The Kyushu Shinkansen (九州新幹線, Kyūshū Shinkansen) is a Japanese high-speed railway line between the cities of Fukuoka and Kagoshima in Kyushu, running parallel to the existing Kagoshima Main Line and operated by JR Kyushu. It is an extension of the San'yō Shinkansen from Honshu. The southern 127 km (79 mi) was constructed first because the equivalent section of the former Kagoshima Main Line is single track, and thus a significant improvement in transit time was gained when this dual track section opened on 13 March 2004, despite the need for passengers to change to a Relay Tsubame narrow gauge train at Shin-Yatsushiro for the remainder of the journey to Hakata. The northern 130 km (81 mi) section opened on 12 March 2011 (although opening ceremonies were canceled due to the 2011 Tōhoku earthquake and tsunami), enabling through-services to Shin-Osaka (and with a change of train, Tokyo). [1]

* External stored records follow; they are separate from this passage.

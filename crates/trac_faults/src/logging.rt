//! A log of the calls of readers and writers, in order.
ghost use Rattle.std.specs.Prelude.{◌≡◌};

use std::alloc::{Allocator, Global};
use std::cell::{Cell, RefCell};
use std::io::{Read, Result, Write};

/// One call of a reader or a writer, and what came of it.
#[derive(Debug, Clone, Copy, PartialEq, Eq)]
pub enum LoggedCall {
    /// A read that gave this many bytes. At 0 it saw the end, or had no room.
    Read(usize),
    /// A read that failed.
    ReadFault,
    /// A write that took this many bytes.
    Write(usize),
    /// A write that failed.
    WriteFault,
    /// A flush.
    Flush,
    /// A flush that failed.
    FlushFault,
}

/// A log of calls. Readers and writers that hold a `&` to one log write into it in the order of their calls.
#[derive(Drop)]
pub struct CallLog<A: Allocator = Global> {
    alloc: A,
    calls: RefCell<Vec<LoggedCall, A>>,
    is_missing_one: Cell<bool>,
}

impl<A: Allocator + Copy> CallLog<A> {
    ghost use Rattle.trac_faults.specs.Logging.{allocator_of};

    /// An empty log, which takes memory from `alloc` as calls come.
    pub fn new(alloc: A) -> CallLog<A>
        ensures { allocator_of result ≡ alloc }
    {
        CallLog {
            alloc,
            calls: RefCell::new(Vec::new(alloc)),
            is_missing_one: Cell::new(false),
        }
    }

    /// The calls since the log was made, or since they were last taken, in order. `None` if one of them is missing,
    /// since there was no memory to note it. The log is empty after this.
    pub fn take_calls(&self) -> Option<Vec<LoggedCall, A>> {
        let calls = self.calls.try_replace(Vec::new(self.alloc)).ok()?;
        if self.is_missing_one.replace(false) {
            return None;
        }
        Some(calls)
    }
}

impl<A: Allocator> CallLog<A> {
    fn note(&self, call: LoggedCall) {
        match self.calls.try_borrow_mut() {
            Ok(mut calls) => {
                if calls.push(call).is_err() {
                    self.is_missing_one.set(true);
                }
            }
            Err(_) => self.is_missing_one.set(true),
        }
    }
}

/// A reader or a writer whose calls are noted in a log, and which is as the inner one otherwise.
#[derive(Drop)]
pub struct Logged<'a, T, A: Allocator = Global> {
    inner: T,
    log: &'a CallLog<A>,
}

impl<'a, T, A: Allocator> Logged<'a, T, A> {
    ghost use Rattle.trac_faults.specs.Logging.{inner_of};

    /// Notes each call of `inner` in `log` from now on.
    pub fn new(inner: T, log: &'a CallLog<A>) -> Logged<'a, T, A>
        ensures { inner_of result ≡ inner }
    {
        Logged { inner, log }
    }

    /// The reader or writer whose calls are noted.
    pub fn inner(&self) -> &T
        ensures { result.now ≡ inner_of self.now }
    {
        &self.inner
    }
}

impl<R: Read, A: Allocator> Read for Logged<'_, R, A> {
    ghost use Rattle.trac_faults.specs.Logging.{inner_of};

    ghost remaining = { λ r. R.remaining (inner_of r) };

    fn read(&mut self, buf: &mut [u8]) -> Result<usize> {
        let given = self.inner.read(buf);
        self.log.note(match &given {
            Ok(n) => LoggedCall::Read(*n),
            Err(_) => LoggedCall::ReadFault,
        });
        given
    }
}

impl<W: Write, A: Allocator> Write for Logged<'_, W, A> {
    ghost use Rattle.trac_faults.specs.Logging.{inner_of};

    ghost contents = { λ w. W.contents (inner_of w) };

    fn write(&mut self, buf: &[u8]) -> Result<usize> {
        let taken = self.inner.write(buf);
        self.log.note(match &taken {
            Ok(n) => LoggedCall::Write(*n),
            Err(_) => LoggedCall::WriteFault,
        });
        taken
    }

    fn flush(&mut self) -> Result<()> {
        let flushed = self.inner.flush();
        self.log.note(match &flushed {
            Ok(()) => LoggedCall::Flush,
            Err(_) => LoggedCall::FlushFault,
        });
        flushed
    }
}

The construction of the first section of the West Kyushu Shinkansen route to Nagasaki (from Takeo-Onsen to Isahaya), approximately 45.7 km (28.4 mi) in length, began in 2008, with construction of the 21 km (13 mi) section from Isahaya to Nagasaki commencing in 2012. The entire line is due to open by Fiscal 2022. [2] [3] Service was proposed to be provided by Gauge Change Train (GCT) trainsets, which are designed to operate on both existing narrow gauge lines and standard gauge Shinkansen lines; however, technical issues with the bogies resulted in the cancellation of the GCT.

On 28 October 2020 JR Kyushu announced it would utilize a 6-car version of the N700S series for the isolated section from Nagasaki, named Nishikyushu Shinkansen  [ ja ], with a cross platform interchange to a relay service called 'Relay Kamome' at Takeo-Onsen station to connect to Hakata. [4] [5] [6] JR Kyushu also announced it would continue to use the name 'Kamome' for the Hakata-Nagasaki service, which has been in use since 1961. [5]

Kagoshima Route

Construction of the Kagoshima Route (鹿児島ルート) began in 1991, and the first segment between Kagoshima and Shin-Yatsushiro opened on 13 March 2004. This initial section cut travel times between the two cities from 130 minutes to 35 minutes, and reduced the time between Hakata and Kagoshima from 4 hours to 2 hours. When the entire line was completed, the travel time from Hakata to Kagoshima was further reduced to about an hour and 20 minutes. As of 2012, the maximum line speed is 260 km/h (160 mph) between Hakata and Kagoshima. [7] Like all Shinkansen lines, the Kyushu Shinkansen is standard gauge.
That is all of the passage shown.